Find the lines holding the string "command" in the data, then copy all of them.

::::::::::

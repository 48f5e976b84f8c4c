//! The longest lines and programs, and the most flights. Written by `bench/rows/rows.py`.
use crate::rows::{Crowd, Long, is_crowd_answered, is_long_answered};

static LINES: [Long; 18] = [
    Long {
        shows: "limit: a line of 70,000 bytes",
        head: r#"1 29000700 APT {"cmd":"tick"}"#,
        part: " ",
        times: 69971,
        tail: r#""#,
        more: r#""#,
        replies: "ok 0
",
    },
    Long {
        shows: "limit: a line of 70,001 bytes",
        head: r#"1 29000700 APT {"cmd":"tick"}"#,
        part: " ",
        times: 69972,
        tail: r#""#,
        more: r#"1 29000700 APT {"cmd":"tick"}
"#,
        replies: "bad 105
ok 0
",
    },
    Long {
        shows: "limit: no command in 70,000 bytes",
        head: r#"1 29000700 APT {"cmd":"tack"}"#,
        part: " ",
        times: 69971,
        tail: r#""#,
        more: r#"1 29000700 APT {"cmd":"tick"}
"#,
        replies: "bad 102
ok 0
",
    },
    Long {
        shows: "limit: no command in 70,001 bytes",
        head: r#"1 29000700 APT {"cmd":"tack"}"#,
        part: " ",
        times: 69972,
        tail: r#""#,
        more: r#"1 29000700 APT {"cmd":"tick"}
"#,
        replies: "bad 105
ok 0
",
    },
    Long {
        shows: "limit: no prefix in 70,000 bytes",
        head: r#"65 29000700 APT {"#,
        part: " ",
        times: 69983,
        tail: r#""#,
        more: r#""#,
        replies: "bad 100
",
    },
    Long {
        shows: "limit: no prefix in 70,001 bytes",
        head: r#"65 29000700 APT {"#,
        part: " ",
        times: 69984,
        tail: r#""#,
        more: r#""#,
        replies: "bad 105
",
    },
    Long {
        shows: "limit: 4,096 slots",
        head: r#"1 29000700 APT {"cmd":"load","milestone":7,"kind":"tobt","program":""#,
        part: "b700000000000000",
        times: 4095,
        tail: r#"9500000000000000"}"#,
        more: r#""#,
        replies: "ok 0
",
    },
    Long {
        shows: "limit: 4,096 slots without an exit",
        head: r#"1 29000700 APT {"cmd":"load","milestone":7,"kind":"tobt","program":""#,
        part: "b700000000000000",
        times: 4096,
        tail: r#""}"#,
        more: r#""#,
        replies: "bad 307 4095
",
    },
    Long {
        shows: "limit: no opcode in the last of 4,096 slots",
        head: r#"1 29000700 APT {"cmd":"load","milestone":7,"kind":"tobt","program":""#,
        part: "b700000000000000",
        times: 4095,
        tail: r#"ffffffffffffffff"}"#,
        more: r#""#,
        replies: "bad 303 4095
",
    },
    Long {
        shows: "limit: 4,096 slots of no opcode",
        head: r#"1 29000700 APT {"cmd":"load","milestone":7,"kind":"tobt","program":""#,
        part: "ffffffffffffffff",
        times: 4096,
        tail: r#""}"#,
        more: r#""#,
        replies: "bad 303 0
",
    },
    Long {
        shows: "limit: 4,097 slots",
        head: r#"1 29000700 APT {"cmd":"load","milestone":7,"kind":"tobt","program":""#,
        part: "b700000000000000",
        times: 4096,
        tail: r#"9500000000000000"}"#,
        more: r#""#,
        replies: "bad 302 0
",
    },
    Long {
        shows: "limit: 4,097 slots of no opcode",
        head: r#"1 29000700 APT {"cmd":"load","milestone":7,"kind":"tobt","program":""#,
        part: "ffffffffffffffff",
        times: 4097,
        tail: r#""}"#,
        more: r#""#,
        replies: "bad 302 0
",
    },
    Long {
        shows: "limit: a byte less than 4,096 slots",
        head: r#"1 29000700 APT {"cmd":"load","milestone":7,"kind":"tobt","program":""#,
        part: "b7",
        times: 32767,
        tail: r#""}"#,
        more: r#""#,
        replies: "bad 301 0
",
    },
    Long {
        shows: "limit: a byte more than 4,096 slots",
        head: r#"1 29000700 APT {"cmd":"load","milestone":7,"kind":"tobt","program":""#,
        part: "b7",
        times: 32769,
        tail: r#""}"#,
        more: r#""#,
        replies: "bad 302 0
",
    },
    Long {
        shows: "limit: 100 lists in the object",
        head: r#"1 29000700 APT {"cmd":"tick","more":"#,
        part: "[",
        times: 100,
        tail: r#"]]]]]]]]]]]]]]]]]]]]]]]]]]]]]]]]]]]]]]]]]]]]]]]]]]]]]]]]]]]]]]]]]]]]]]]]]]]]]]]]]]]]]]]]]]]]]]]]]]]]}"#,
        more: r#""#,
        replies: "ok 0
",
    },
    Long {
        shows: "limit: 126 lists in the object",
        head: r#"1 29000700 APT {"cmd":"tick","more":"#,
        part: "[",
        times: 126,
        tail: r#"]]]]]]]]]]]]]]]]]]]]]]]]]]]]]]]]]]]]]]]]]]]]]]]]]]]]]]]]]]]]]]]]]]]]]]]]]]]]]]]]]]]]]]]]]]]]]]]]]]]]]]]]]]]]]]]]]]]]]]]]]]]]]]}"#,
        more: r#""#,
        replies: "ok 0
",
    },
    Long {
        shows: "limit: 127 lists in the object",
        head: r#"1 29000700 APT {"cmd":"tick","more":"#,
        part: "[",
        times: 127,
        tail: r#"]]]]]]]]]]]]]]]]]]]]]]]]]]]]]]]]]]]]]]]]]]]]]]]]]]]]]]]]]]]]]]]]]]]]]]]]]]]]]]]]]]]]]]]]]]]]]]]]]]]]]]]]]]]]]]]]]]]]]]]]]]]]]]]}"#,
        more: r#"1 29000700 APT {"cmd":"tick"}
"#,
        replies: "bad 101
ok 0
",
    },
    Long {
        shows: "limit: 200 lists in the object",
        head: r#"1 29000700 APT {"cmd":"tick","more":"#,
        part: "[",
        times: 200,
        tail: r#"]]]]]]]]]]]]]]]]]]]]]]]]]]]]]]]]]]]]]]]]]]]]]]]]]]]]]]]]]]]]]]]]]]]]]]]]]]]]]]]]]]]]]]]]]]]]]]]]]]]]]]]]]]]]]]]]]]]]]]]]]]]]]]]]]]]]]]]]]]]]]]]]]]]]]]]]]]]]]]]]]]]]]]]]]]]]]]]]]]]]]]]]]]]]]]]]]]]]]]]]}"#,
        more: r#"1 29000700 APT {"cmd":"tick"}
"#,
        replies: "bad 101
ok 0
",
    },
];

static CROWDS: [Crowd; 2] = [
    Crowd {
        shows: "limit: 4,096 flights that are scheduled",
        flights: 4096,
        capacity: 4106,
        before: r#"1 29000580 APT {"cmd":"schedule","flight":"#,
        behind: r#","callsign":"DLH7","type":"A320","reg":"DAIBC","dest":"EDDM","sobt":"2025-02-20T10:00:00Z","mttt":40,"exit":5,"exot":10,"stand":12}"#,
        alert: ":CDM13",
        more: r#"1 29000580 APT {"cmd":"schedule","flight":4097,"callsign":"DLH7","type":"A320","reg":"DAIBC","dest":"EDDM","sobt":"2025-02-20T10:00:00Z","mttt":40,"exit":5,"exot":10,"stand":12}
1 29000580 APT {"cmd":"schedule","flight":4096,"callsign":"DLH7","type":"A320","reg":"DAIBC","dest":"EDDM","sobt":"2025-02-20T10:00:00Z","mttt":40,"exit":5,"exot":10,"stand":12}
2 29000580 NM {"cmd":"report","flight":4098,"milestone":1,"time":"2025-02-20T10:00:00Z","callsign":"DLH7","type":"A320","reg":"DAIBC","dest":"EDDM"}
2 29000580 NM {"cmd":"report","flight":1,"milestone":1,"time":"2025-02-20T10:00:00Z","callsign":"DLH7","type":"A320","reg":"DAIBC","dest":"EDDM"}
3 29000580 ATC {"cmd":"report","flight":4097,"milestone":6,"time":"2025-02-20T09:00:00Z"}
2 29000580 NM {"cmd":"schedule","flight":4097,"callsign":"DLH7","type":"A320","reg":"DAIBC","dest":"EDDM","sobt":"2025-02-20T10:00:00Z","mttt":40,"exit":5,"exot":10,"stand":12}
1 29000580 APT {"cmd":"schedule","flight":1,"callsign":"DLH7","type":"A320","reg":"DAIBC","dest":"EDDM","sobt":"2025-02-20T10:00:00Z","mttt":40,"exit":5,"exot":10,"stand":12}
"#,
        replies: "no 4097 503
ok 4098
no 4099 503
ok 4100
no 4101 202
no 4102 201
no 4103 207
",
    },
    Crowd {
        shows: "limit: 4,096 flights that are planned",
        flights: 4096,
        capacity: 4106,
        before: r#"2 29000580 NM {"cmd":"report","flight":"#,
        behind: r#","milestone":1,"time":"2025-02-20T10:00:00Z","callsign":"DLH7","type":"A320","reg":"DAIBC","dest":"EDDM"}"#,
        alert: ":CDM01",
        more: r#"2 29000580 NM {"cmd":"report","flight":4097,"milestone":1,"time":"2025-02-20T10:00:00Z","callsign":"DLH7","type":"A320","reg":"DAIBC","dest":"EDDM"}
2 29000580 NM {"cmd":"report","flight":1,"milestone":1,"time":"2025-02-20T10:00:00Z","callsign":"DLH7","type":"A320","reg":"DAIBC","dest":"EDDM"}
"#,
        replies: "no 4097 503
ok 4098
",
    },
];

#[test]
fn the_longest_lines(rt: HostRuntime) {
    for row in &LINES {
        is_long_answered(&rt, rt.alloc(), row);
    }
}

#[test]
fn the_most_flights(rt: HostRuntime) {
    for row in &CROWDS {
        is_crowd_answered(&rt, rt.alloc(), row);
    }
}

::::::::::

● Response below:
        shows: "limit: no command in 70,000 bytes",
        shows: "limit: no command in 70,001 bytes",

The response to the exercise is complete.